A scooter factory runs two assembly lines, A and B. 97.4% of line A’s scooters pass instruction, while only 94.9% of line B’s scooters pass inspection. 65% of the factory’s scooters come off assembly line A.
a) What is the probability that a randomly selected scooter did not pass inspection?
b) What is the probability that if a randomly selected scooter passes inspection, it came from
assembly line B?
To find the probabilities, we need to use conditional probability.
a) To find the probability that a randomly selected scooter did not pass inspection, we can use the complement rule.
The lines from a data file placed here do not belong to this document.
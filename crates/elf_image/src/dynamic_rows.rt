//! The dynamic entries that say how a file is relocated.
ghost use Rattle.std.specs.Prelude.{◌≡◌, ◌+◌, ◌*◌, ◌/◌, ◌^◌, ◌<◌, ◌≤◌, ℕ, List, IfOk, None, is_some};
ghost use Rattle.elf_model.specs.ImageChecks.{repeat_checks};
ghost use Rattle.elf_model.specs.Records.{d_tag, p_filesz, p_offset};
ghost use Rattle.elf_model.specs.Tables.{DYNAMIC_SIZE};
ghost use Rattle.elf_record.specs.Dyn.{IsDyn};
ghost use Rattle.elf_table.specs.Prelude.{CallDid, TableInBounds, fault_of_result, size_of};
ghost use Rattle.elf_hash.specs.Entries.{entry_here, first_entry};
ghost use Rattle.elf_image.specs.Located.{AreImageRows, found_rows, row_in, rows_with};
ghost use Rattle.elf_image.specs.Relocated.{ReadsAfter};

use elf_hash::{DynEntry, TableEntries};
use elf_note::{dynamic_rows, entry_in};
use elf_record::gnu_numbers::{DT_RELACOUNT, DT_RELR, DT_RELRENT, DT_RELRSZ};
use elf_record::numbers::{
    DT_FLAGS, DT_JMPREL, DT_PLTREL, DT_PLTRELSZ, DT_REL, DT_RELA, DT_RELAENT, DT_RELASZ, DT_RELENT,
    DT_RELSZ, DT_SYMTAB, DT_TEXTREL,
};
use elf_record::{Cause, Dyn};
use elf_source::{Counted, Source};
use elf_table::{Fault, Row, Table, refused};

/// The entry with each of the tags that say how a file is relocated, if there is one.
#[derive(Clone, Copy)]
pub(crate) struct ImageRows {
    /// DT_RELR, DT_RELRSZ, DT_RELRENT.
    pub(crate) compact: TableEntries,
    /// DT_REL, DT_RELSZ, DT_RELENT.
    pub(crate) plain: TableEntries,
    /// DT_RELA, DT_RELASZ, DT_RELAENT.
    pub(crate) addends: TableEntries,
    /// DT_JMPREL, DT_PLTRELSZ, DT_PLTREL.
    pub(crate) calls: TableEntries,
    /// DT_SYMTAB.
    pub(crate) symbols: Option<DynEntry>,
    /// DT_TEXTREL.
    pub(crate) text: Option<DynEntry>,
    /// DT_FLAGS.
    pub(crate) flags: Option<DynEntry>,
    /// DT_RELACOUNT.
    pub(crate) relative: Option<DynEntry>,
    /// How many entries were read.
    pub(crate) count: u64,
}

/// Iterates over the dynamic entries of a table, up to and including the first DT_NULL, and returns
/// the entry with each of the tags. It reads each byte of the table at most once.
///
/// # Errors
/// Returns `Repeat` at the first entry with one of the tags that an entry before it has; a fault of
/// a read, or the refusal `Budget`, at an entry's offset.
pub(crate) fn image_rows<S: Source>(src: &mut Counted<S>, table: Table) -> Result<ImageRows, Fault>
    requires rows { table.entry ≡ 16 }
    requires within { TableInBounds src.old.seen.size table }
    ensures did { CallDid src.old src.new (fault_of_result result) (size_of table)
        (λ file. (at : ℕ) → table.at ≡ p_offset file at →
        table.count ≡ p_filesz file at / DYNAMIC_SIZE →
        ReadsAfter (repeat_checks file at) (AreImageRows file at) result) }
    ensures few { IfOk result (λ rows. rows.count < 2 ^ 60) }
{
    let _ = table.entry();
    let mut rows = no_rows();
    let mut cursor = dynamic_rows(table);
    'entries: while cursor.advance(src)? {
        let row = cursor.row();
        let entry = entry_in(&row);
        if is_repeated(&rows, tag_of(&entry)) {
            return refused(row.at, Cause::Repeat);
        }
        rows = with_row(&rows, &row, &entry);
    }
    Ok(rows)
}

/// Returns no entries.
pub(crate) fn no_rows() -> ImageRows
    ensures count { result.count ≡ 0 }
    ensures none { (tag : ℕ) → row_in (found_rows result) tag ≡ None }
{
    let none = TableEntries {
        address: None,
        size: None,
        row: None,
    };
    ImageRows {
        compact: none,
        plain: none,
        addends: none,
        calls: none,
        symbols: None,
        text: None,
        flags: None,
        relative: None,
        count: 0,
    }
}

/// Returns the tag of an entry.
fn tag_of(entry: &Dyn) -> u64
    ensures { (file : List ℕ) (at : ℕ) → IsDyn file at entry.now → result ≡ d_tag file at }
{
    entry.d_tag.cast_unsigned()
}

/// Returns `true` if there is an entry with a tag among those that were read.
fn is_repeated(rows: &ImageRows, tag: u64) -> bool
    ensures { result ≡ is_some (row_in (found_rows rows.now) tag) }
{
    row_of(rows, tag).is_some()
}

/// Returns the entry with one of the tags, if it was read.
#[tactic(auto, unfolding(crate::specs::Located::row_in))]
fn row_of(rows: &ImageRows, tag: u64) -> Option<DynEntry>
    ensures { result ≡ row_in (found_rows rows.now) tag }
{
    match tag {
        DT_PLTRELSZ => rows.calls.size,
        DT_SYMTAB => rows.symbols,
        DT_RELA => rows.addends.address,
        DT_RELASZ => rows.addends.size,
        DT_RELAENT => rows.addends.row,
        DT_REL => rows.plain.address,
        DT_RELSZ => rows.plain.size,
        DT_RELENT => rows.plain.row,
        DT_PLTREL => rows.calls.row,
        DT_TEXTREL => rows.text,
        DT_JMPREL => rows.calls.address,
        DT_FLAGS => rows.flags,
        DT_RELRSZ => rows.compact.size,
        DT_RELR => rows.compact.address,
        DT_RELRENT => rows.compact.row,
        DT_RELACOUNT => rows.relative,
        _ => None,
    }
}

/// Returns the entries, with one more after those that were read.
fn with_row(rows: &ImageRows, row: &Row<'_>, entry: &Dyn) -> ImageRows
    requires { row.now.index < 2 ^ 60 }
    ensures count { result.count ≡ row.now.index + 1 }
    ensures rows { (file : List ℕ) → IsDyn file row.now.at entry.now →
        found_rows result ≡ rows_with file row.now.at (found_rows rows.now) }
{
    let at = row.at;
    ImageRows {
        compact: with_table_row(&rows.compact, (DT_RELR, DT_RELRSZ, DT_RELRENT), at, entry),
        plain: with_table_row(&rows.plain, (DT_REL, DT_RELSZ, DT_RELENT), at, entry),
        addends: with_table_row(&rows.addends, (DT_RELA, DT_RELASZ, DT_RELAENT), at, entry),
        calls: with_table_row(&rows.calls, (DT_JMPREL, DT_PLTRELSZ, DT_PLTREL), at, entry),
        symbols: first_of(rows.symbols, DT_SYMTAB, at, entry),
        text: first_of(rows.text, DT_TEXTREL, at, entry),
        flags: first_of(rows.flags, DT_FLAGS, at, entry),
        relative: first_of(rows.relative, DT_RELACOUNT, at, entry),
        count: row.index + 1,
    }
}

/// Returns the entries of a table, with one more after those that were read; `tags` are those of
/// the address, of the size and of the rows.
fn with_table_row(rows: &TableEntries, tags: (u64, u64, u64), at: u64, entry: &Dyn) -> TableEntries
    ensures { (file : List ℕ) → IsDyn file at entry.now → result ≡ record {
      address = first_entry rows.now.address (entry_here file at tags.0);
      size = first_entry rows.now.size (entry_here file at tags.1);
      row = first_entry rows.now.row (entry_here file at tags.2);
    } }
{
    TableEntries {
        address: first_of(rows.address, tags.0, at, entry),
        size: first_of(rows.size, tags.1, at, entry),
        row: first_of(rows.row, tags.2, at, entry),
    }
}

/// Returns an entry that was found before, or this one if it has the tag.
fn first_of(found: Option<DynEntry>, tag: u64, at: u64, entry: &Dyn) -> Option<DynEntry>
    ensures { (file : List ℕ) → IsDyn file at entry.now →
        result ≡ first_entry found (entry_here file at tag) }
{
    if found.is_none() && tag_of(entry) == tag {
        return Some(DynEntry {
            at,
            value: entry.d_un,
        });
    }
    found
}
The complement of passing inspection is failing inspection.
Let's denote the event "scooter passing inspection" as P and the event "scooter failing inspection" as ¬P.
We are given that 97.4% of line A's scooters pass inspection, so the probability of passing inspection for a scooter from line A, denoted as P(A), is 0.974. Therefore, the probability of a scooter from line A failing inspection, denoted as ¬P(A), is 1 - 0.974 = 0.026.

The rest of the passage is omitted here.